- _WORK REQUIRED_: From the listing below, pick out each line with the word "still".

- _DATA FOR PROCESSING_:
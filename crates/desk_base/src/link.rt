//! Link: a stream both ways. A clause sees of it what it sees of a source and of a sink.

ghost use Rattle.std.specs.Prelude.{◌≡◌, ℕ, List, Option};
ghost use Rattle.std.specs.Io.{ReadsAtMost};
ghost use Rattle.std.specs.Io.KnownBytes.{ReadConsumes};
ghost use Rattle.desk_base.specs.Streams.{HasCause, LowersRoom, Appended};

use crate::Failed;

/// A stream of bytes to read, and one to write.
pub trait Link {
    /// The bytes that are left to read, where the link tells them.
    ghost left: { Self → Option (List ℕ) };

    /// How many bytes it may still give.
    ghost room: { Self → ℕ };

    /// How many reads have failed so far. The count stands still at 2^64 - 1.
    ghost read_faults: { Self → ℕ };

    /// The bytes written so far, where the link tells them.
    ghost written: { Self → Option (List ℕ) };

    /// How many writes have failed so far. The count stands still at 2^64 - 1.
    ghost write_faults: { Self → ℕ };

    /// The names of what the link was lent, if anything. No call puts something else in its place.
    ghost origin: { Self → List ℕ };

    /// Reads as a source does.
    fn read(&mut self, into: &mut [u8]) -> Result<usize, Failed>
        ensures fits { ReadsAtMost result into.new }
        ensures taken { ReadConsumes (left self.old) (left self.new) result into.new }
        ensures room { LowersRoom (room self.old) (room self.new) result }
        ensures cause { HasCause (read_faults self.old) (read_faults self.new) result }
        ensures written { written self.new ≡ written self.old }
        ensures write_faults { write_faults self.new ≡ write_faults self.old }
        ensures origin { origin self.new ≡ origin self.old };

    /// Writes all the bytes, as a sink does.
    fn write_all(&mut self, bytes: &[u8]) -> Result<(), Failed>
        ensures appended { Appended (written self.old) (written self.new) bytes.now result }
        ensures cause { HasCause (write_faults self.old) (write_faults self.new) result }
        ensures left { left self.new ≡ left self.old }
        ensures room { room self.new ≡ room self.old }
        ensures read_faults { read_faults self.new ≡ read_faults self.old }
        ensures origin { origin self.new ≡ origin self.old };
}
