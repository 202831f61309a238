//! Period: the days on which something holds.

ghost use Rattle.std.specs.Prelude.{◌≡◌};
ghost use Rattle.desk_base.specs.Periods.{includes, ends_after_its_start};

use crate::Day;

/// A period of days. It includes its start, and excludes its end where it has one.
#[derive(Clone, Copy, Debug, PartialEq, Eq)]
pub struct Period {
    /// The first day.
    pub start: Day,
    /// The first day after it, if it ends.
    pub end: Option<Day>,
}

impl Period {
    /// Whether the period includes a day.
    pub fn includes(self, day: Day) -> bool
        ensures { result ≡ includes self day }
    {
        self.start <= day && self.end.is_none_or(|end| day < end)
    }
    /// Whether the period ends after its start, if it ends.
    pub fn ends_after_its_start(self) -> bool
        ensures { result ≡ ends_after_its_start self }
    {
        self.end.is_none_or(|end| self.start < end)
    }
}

--

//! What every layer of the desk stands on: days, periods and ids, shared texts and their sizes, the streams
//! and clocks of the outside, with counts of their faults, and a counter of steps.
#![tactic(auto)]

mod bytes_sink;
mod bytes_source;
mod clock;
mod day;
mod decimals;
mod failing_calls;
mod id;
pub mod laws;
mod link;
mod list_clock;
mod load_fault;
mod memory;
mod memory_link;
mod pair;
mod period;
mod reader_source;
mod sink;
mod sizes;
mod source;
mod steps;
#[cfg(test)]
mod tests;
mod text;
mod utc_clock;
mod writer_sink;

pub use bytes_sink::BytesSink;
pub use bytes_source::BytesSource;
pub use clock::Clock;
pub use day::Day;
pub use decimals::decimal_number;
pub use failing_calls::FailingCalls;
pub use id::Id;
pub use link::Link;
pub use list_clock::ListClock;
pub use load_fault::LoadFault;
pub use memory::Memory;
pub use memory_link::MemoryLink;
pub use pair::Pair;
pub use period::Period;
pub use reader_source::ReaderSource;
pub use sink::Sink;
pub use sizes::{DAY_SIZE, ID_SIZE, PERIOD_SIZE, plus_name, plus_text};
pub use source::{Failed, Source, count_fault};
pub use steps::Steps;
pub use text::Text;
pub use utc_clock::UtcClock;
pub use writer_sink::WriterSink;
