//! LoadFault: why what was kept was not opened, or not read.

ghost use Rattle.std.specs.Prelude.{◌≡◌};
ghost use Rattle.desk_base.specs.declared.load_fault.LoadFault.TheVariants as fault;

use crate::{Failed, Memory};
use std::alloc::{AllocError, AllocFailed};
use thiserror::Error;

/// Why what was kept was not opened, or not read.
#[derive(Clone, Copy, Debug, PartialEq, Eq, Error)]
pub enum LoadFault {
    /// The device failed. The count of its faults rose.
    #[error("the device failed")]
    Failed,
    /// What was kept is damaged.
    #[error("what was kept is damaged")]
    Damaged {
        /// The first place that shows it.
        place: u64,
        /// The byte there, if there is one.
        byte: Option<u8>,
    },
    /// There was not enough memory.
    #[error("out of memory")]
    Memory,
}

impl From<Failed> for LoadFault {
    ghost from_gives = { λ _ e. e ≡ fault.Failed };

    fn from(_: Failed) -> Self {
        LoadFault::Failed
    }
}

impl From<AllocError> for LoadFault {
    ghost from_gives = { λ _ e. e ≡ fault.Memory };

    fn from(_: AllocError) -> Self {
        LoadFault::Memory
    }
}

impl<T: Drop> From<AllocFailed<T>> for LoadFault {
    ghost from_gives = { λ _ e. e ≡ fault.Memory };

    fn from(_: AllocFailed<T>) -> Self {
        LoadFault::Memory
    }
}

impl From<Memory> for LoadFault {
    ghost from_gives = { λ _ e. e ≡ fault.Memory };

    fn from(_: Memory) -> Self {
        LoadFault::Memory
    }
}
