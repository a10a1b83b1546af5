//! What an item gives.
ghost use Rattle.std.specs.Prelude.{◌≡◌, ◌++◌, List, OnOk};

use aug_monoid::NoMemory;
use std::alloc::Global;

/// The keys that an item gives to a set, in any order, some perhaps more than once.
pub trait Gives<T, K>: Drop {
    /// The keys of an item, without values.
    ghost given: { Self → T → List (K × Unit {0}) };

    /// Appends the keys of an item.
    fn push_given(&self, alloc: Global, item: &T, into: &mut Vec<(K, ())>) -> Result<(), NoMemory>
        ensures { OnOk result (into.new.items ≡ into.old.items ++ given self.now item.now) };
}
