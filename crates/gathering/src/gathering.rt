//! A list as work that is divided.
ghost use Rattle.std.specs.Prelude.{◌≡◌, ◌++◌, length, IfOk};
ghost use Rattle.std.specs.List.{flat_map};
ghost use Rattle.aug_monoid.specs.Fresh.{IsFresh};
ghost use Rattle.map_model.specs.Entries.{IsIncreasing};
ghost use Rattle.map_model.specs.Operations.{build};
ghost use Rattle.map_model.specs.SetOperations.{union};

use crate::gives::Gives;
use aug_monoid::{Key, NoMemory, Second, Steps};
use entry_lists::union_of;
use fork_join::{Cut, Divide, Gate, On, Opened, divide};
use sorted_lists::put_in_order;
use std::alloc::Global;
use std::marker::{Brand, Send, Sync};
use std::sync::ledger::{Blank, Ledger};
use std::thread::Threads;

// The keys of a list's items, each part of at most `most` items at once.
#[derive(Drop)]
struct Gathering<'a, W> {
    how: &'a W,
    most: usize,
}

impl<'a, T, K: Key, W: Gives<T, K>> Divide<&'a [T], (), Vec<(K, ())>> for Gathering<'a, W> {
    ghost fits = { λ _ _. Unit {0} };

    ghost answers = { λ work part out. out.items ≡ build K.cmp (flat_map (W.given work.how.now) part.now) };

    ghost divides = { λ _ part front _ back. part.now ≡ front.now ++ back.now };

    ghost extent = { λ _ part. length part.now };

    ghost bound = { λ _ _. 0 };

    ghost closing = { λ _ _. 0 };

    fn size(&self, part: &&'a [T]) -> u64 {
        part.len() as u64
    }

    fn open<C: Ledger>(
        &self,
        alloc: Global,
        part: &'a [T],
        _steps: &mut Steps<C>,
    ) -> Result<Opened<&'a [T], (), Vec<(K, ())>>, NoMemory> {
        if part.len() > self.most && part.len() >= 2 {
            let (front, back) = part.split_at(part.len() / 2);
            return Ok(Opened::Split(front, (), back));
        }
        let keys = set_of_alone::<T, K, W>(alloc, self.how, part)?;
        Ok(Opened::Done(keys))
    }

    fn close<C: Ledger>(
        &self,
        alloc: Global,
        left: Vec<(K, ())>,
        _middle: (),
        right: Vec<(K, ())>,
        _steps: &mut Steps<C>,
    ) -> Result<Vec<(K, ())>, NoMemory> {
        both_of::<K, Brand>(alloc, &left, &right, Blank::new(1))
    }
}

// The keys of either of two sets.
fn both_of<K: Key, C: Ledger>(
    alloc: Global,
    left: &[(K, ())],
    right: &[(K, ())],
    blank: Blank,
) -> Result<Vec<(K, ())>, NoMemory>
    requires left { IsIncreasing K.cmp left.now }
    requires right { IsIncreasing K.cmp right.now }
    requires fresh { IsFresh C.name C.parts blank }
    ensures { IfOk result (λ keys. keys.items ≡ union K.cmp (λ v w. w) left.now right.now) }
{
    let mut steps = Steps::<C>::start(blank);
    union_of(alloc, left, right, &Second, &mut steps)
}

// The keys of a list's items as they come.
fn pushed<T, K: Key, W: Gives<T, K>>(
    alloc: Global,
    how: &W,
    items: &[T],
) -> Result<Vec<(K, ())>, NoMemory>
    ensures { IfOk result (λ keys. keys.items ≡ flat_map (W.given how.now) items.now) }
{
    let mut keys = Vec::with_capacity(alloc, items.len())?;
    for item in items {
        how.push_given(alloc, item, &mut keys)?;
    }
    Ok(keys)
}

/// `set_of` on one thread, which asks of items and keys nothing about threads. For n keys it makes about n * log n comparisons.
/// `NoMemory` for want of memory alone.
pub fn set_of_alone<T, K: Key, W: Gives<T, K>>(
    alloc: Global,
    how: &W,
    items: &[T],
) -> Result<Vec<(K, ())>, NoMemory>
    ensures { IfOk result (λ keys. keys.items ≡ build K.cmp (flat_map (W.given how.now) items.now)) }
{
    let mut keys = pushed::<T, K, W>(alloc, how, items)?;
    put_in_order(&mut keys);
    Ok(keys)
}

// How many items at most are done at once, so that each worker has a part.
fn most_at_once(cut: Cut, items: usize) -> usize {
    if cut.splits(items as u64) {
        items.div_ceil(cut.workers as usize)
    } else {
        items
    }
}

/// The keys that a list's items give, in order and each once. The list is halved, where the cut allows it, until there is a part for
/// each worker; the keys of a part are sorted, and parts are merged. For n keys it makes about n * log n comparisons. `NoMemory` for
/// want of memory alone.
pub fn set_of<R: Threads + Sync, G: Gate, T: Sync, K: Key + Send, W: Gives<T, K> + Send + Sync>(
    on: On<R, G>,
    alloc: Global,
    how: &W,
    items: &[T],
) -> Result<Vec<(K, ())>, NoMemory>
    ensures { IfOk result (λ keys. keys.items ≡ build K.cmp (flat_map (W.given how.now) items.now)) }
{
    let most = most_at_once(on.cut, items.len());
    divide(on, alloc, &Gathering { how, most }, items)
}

...

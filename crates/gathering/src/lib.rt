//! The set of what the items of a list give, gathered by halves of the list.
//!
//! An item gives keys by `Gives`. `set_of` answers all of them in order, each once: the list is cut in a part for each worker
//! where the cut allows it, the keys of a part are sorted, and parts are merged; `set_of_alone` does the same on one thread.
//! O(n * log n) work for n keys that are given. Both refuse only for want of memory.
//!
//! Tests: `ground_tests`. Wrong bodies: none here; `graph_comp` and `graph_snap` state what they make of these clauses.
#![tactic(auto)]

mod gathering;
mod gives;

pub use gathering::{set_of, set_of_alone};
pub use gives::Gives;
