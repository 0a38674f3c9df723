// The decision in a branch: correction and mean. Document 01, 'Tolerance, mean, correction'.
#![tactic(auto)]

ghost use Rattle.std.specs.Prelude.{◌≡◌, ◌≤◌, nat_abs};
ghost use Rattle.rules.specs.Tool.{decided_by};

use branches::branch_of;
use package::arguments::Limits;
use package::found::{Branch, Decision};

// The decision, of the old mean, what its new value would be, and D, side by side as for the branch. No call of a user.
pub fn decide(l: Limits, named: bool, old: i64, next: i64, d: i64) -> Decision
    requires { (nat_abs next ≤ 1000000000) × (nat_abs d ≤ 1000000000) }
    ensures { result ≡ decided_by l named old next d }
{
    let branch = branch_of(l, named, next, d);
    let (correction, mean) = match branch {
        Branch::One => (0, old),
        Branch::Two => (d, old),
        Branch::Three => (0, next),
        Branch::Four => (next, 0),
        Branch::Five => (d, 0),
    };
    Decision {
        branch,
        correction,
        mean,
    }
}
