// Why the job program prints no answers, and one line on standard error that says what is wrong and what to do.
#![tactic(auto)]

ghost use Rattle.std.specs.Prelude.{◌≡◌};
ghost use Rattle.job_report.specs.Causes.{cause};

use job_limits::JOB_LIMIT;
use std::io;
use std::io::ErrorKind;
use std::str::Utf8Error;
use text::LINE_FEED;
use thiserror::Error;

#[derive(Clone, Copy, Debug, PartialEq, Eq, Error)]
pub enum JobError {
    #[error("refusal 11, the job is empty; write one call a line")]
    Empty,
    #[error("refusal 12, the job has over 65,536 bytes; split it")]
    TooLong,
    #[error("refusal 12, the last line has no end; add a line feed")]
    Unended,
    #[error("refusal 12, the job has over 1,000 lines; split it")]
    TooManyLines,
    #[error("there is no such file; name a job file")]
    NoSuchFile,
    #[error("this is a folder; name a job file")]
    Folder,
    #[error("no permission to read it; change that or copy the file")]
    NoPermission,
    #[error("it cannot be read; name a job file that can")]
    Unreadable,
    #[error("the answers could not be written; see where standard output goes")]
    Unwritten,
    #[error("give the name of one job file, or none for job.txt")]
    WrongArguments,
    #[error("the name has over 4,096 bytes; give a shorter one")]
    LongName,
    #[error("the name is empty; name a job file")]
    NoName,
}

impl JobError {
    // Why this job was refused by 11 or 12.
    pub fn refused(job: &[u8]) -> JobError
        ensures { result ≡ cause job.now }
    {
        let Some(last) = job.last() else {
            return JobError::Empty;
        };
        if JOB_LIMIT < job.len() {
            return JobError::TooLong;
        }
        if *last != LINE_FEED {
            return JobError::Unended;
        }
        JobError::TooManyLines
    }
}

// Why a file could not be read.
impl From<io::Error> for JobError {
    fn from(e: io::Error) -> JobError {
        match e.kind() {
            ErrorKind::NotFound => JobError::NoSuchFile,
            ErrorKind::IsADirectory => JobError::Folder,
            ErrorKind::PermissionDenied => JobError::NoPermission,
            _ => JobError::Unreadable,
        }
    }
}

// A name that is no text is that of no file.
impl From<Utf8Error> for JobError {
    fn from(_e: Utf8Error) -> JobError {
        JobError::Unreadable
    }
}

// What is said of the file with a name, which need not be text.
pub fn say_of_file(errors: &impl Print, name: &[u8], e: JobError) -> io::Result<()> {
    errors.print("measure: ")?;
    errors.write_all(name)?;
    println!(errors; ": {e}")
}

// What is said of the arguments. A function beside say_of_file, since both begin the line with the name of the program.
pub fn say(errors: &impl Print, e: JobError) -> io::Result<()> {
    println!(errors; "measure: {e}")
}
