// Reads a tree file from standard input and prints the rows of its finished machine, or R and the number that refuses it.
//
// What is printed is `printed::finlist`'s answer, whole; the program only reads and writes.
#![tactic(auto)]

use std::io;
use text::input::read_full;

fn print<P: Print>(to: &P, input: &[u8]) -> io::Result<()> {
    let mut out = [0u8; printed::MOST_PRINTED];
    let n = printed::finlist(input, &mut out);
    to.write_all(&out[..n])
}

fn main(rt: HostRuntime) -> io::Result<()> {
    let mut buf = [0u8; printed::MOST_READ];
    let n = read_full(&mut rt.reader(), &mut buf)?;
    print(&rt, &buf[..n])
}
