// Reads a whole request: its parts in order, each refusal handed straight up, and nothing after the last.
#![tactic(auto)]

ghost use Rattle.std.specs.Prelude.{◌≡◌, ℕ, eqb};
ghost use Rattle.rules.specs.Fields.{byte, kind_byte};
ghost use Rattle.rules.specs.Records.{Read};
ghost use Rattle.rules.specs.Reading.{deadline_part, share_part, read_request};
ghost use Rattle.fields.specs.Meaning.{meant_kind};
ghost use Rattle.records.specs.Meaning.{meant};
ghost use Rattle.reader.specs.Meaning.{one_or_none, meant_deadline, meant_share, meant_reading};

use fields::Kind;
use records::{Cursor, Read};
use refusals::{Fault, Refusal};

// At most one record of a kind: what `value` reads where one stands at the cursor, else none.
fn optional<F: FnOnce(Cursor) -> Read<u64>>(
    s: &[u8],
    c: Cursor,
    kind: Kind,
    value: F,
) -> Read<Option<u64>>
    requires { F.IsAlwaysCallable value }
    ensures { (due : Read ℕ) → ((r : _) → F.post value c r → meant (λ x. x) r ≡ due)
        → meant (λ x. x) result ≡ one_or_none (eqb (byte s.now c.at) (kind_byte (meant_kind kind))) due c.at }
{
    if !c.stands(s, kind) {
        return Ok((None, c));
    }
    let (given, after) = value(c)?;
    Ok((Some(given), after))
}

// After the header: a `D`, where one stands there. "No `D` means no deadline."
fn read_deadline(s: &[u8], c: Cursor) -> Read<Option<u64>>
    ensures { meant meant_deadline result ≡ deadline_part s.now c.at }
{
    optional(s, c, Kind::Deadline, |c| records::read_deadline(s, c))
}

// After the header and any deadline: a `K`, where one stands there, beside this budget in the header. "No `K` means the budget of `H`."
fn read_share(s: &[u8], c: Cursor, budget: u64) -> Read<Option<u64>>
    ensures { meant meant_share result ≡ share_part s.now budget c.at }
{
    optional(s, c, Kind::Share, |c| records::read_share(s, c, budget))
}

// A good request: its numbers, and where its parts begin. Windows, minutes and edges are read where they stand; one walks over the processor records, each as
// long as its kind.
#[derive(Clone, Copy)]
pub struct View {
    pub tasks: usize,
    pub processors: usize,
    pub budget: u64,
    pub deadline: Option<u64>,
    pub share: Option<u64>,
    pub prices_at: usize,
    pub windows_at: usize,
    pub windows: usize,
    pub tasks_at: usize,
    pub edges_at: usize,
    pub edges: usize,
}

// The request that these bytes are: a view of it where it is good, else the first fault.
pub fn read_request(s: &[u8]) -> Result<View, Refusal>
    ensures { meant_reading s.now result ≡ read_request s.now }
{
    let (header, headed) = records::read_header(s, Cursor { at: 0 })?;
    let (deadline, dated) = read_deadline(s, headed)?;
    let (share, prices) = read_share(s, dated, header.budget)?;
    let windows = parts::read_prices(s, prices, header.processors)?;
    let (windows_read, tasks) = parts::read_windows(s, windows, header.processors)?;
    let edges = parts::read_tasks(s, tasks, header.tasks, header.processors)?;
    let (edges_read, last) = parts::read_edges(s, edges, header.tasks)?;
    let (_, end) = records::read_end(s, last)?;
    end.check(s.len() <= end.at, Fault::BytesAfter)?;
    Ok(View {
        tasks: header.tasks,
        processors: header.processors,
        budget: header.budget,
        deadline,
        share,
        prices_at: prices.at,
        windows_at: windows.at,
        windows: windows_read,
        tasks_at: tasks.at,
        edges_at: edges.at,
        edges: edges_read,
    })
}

- _THE ANSWER_:
    /// How many bytes it may still give.
    /// How many reads have failed so far. The count stands still at 2^64 - 1.
    /// How many writes have failed so far. The count stands still at 2^64 - 1.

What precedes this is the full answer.